▸ Task item: Could you restate word for word every line from the one containing "FailsBy strayed_there (record" to the end of the records, and nothing else?

▸ Input data:
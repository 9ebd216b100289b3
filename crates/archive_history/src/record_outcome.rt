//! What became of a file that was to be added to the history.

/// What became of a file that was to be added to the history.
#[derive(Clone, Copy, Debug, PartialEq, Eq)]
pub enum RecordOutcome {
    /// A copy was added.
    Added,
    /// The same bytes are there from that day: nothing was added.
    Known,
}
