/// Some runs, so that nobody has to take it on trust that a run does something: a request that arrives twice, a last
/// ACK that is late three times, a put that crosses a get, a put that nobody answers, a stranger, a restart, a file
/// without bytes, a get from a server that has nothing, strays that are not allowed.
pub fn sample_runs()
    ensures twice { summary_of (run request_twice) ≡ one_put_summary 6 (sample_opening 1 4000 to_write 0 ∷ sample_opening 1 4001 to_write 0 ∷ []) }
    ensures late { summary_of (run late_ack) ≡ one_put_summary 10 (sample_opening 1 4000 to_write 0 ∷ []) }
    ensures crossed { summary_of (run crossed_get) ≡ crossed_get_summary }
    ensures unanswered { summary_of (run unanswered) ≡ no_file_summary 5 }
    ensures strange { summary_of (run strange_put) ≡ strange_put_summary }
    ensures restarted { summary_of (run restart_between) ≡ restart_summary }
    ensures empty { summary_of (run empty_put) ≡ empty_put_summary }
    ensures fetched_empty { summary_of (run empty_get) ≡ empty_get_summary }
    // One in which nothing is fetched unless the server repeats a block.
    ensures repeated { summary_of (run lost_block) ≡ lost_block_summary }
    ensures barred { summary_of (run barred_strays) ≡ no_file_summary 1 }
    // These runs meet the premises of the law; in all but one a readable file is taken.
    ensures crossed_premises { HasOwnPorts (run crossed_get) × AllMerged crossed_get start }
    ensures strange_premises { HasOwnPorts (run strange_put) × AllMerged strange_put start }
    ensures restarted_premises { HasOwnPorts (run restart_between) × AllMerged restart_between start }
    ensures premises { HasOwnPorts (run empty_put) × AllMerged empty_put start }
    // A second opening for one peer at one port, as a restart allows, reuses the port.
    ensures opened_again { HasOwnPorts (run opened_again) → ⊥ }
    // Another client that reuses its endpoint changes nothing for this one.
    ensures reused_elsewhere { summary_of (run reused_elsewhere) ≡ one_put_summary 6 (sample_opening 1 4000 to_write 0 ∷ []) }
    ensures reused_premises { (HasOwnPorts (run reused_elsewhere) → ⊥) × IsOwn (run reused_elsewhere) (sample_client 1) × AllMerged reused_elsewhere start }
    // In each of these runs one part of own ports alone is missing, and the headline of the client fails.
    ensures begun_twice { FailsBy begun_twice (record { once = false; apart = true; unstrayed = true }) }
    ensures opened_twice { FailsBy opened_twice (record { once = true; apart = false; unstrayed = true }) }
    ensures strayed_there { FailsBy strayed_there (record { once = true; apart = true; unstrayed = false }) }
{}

▸ Your response:
    ensures strayed_there { FailsBy strayed_there (record { once = true; apart = true; unstrayed = false }) }
{}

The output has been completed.